Child Gamblers: The Industry Needs to Act

Child Gamblers: the Industry Needs to Act

Child gamblers: How serious is the problem? And what should the industry be doing about it?

No one reading these articles over the last few weeks can fail to be aware of the reasons behind the UK government’s decision to reduce the maximum stake on fixed odds betting terminals (FOBTs). The maximum stake was reduced from £100 ($135) to £2 ($2.70) with plenty of lurid headline telling stories of gamblers “losing £15,000 ($20,250) in a day”.

Commenting on the move, Sports Minister Tracey Crouch said: “The reduction will reduce harm for the most vulnerable.”

Well that’s alright then. Adults in betting shops are protected. Children, it would appear, are not…

The lad from Lancashire

A teenager from Lancashire recently lost £80,000 ($108,000) gambling online. And before you think his allowance is too big, it was his father’s money he lost.

He became interested in gambling after seeing adverts for online bookmakers while watching a football match at Wembley. Thinking that it was easy, seduced by ads encouraging him to “cash out your winnings”,  he duly photocopied his father’s credit cards, opened accounts using his father’s name, address, and date of birth, and started placing bets.

“I had no idea gambling could be addictive like drink or drugs,” he told one UK newspaper, as he described how he placed hundreds of bets a week, some of them for as much as £3,000 ($4,050).

No one emerges from this sad story with any credit: certainly not the 13-year-old, who really should have known the difference between right and wrong; not his company director father, who perhaps should have checked his credit card statements more often and spent more time checking what his teenage son was doing in his bedroom – and definitely not the UK government or the sports betting companies.

Again, it is hard not to empathize with Major League Baseball and their initial objections to the legalization of sports betting in the US. Will this story be repeated as more and more online companies fight for a share of the lucrative US market? Of course it will.

How big is the problem of child gambling in the UK?

According to figures released by the UK government, 25,000 children aged 11-16 are addicted to gambling, with the gambling commission saying that the number of 16-year-olds “hooked” on gambling has risen by a third in the last three years.

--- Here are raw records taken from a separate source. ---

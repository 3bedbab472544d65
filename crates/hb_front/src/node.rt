// The front end as a node.
ghost use Rattle.std.specs.Prelude.{◌≡◌, ◌≢◌, ◌≤◌, ◌-◌, ◌⊎◌, ◌++◌, ◌∷◌, [], ℕ, Bool, true, false, IsTrue, List, Some};
ghost use Rattle.hb_edge.specs.Causes.{Rose};
ghost use Rattle.hb_types.specs.Calls.{IsRequest, IsAnswer};
ghost use Rattle.hb_types.specs.declared.names.Tx.{Tx};
ghost use Rattle.hb_runs.specs.Kinds.{tells_nothing};
ghost use Rattle.hb_runs.specs.ServerRuns.{Asked};
ghost use Rattle.hb_node.specs.Laws.{State, Enters, Images, asked_of, entry_of};

use crate::front::Front;
use hb_edge::{Clock, Disk};
use hb_node::Node;
use hb_types::{Answer, NodeName, Request};

impl<D: Disk> Node for Front<D> {
    ghost use Rattle.hb_coord.specs.Law.{calls_left_in, faults_in, is_up_in, last_in};
    ghost use Rattle.hb_front.specs.Fronting.{Explains, ends_nothing, explained as explained_by, idle_answer, leaves as left_by};

    ghost named = { λ f. 0 };

    ghost trail = { λ f. f.trail.entries };

    ghost leaves = { λ f. left_by D.left f.coordinator.state };

    ghost last = { λ f. last_in D.last f.coordinator.state };

    ghost faults = { λ f. faults_in D.faults f.coordinator.state };

    ghost explains = { λ f. Explains D.content D.left D.last f.coordinator.state };

    ghost explained = { λ f. explained_by D.content D.left D.last D.stands_on D.as_read f.coordinator.state };

    fn name(&self) -> NodeName {
        NodeName(0)
    }

    fn ask(&mut self, clock: &mut Clock, request: Request) -> Answer
        requires { IsRequest request }
        ensures well_formed { IsAnswer result }
        ensures entered { Enters self.old.trail.entries self.new.trail.entries (entry_of request result clock.old clock.new) }
        ensures law { (origin : State) → Explains D.content D.left D.last self.old.coordinator.state origin (asked_of self.old.trail.entries) → last_in D.last self.old.coordinator.state ≤ clock.old
            → Explains D.content D.left D.last self.new.coordinator.state origin (asked_of self.new.trail.entries) }
        ensures images { (origin : State) → Explains D.content D.left D.last self.old.coordinator.state origin (asked_of self.old.trail.entries) → last_in D.last self.old.coordinator.state ≤ clock.old
            → Images origin self.old.trail.entries self.new.trail.entries (entry_of request result clock.old clock.new) (left_by D.left self.old.coordinator.state) (left_by D.left self.new.coordinator.state) }
        ensures in_time { last_in D.last self.old.coordinator.state ≤ clock.old → last_in D.last self.new.coordinator.state ≤ clock.new }
        ensures told { IsTrue (tells_nothing result) ⊎ (self.new.trail.entries ≡ self.old.trail.entries ++ entry_of request result clock.old clock.new ∷ []) }
        ensures fault { (area : Bool) → result ≡ Answer.Fault area → Rose (faults_in D.faults self.old.coordinator.state) (faults_in D.faults self.new.coordinator.state) }
        ensures count { faults_in D.faults self.old.coordinator.state ≤ faults_in D.faults self.new.coordinator.state }
        ensures clock { clock.old ≤ clock.new }

        // An Abort of a transaction that isn't active.
        ensures idle { ends_nothing self.old.coordinator.state request ≡ true → result ≡ idle_answer self.old.coordinator.state }

        // An Abort takes no memory, nor does a Stop of one that is up.
        ensures abort { (tx : Tx) → request ≡ Request.Abort tx → result ≢ Answer.NoMemory }
        ensures stop { request ≡ Request.Stop → is_up_in self.old.coordinator.state ≡ true → result ≢ Answer.NoMemory }
    {
        if self.ends_nothing(&request) {
            return self.pass(&request);
        }
        if !self.has_room(&request) {
            return Answer::NoMemory;
        }
        self.enter(clock, request)
    }

    fn arm(&mut self, area: bool, k: u32)
        ensures trail { self.new.trail.entries ≡ self.old.trail.entries }
        ensures explains { (origin : State) (asked : List Asked) → Explains D.content D.left D.last self.old.coordinator.state origin asked → Explains D.content D.left D.last self.new.coordinator.state origin asked }
        ensures leaves { (m : ℕ) (log none : List ℕ) → left_by D.left self.new.coordinator.state m log none → left_by D.left self.old.coordinator.state m log none }
        ensures last { last_in D.last self.new.coordinator.state ≡ last_in D.last self.old.coordinator.state }
        ensures count { faults_in D.faults self.old.coordinator.state ≤ faults_in D.faults self.new.coordinator.state }
        ensures fuse { area ≡ false → calls_left_in self.new.coordinator.state ≡ Some (k - 1) }
    {
        if !area {
            self.coordinator.arm(k as u64);
        }
    }
}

In its annual survey of youth gambling, the Gambling Commission said that 370,000 children (around 12% of the total number of children) had gambled in the past week, with 25,000 of those children characterized as problem gamblers. Presumably, the Gambling Commission is therefore content that the other 345,000 kids have their gambling under control, that they only bet what they can afford to lose and they fall asleep chanting “when the fun stops, stop”.

Gambling may not be the only problem teenagers land their parents with. I used to stand in the hall talking to my girlfriend while my dad complained about the phone bill. Every day there is a story about a teenager running up a £1,000 phone bill while he is on holiday, or making a series of “in-game” purchases, or inadvertently dialing a premium rate number.

Sooner or later though, we become responsible for our own mobile phone bill. We finally learn that if it seems too good to be true, it is too good to be true. But it’s a different story if you are graduating from high school with an addiction to gambling.

Charity fighting a losing battle

GambleAware – the charity set up to combat problem gambling – continues to plow its lone furrow, but without serious funding (there is, for example, only one specialist gambling addiction clinic in the UK) it will always be fighting a losing battle against the bookmakers’ wall to wall advertising.

Cases like the 13-year-old from Lancashire really need to be addressed by sports betting companies. They are quite happy to close winning accounts: perhaps they should pay the same attention to losing ones. Or, in the UK at least, they may find that a future Labour government – keen to atone for what it now sees as a mistake in de-regulating UK gambling – does it for them.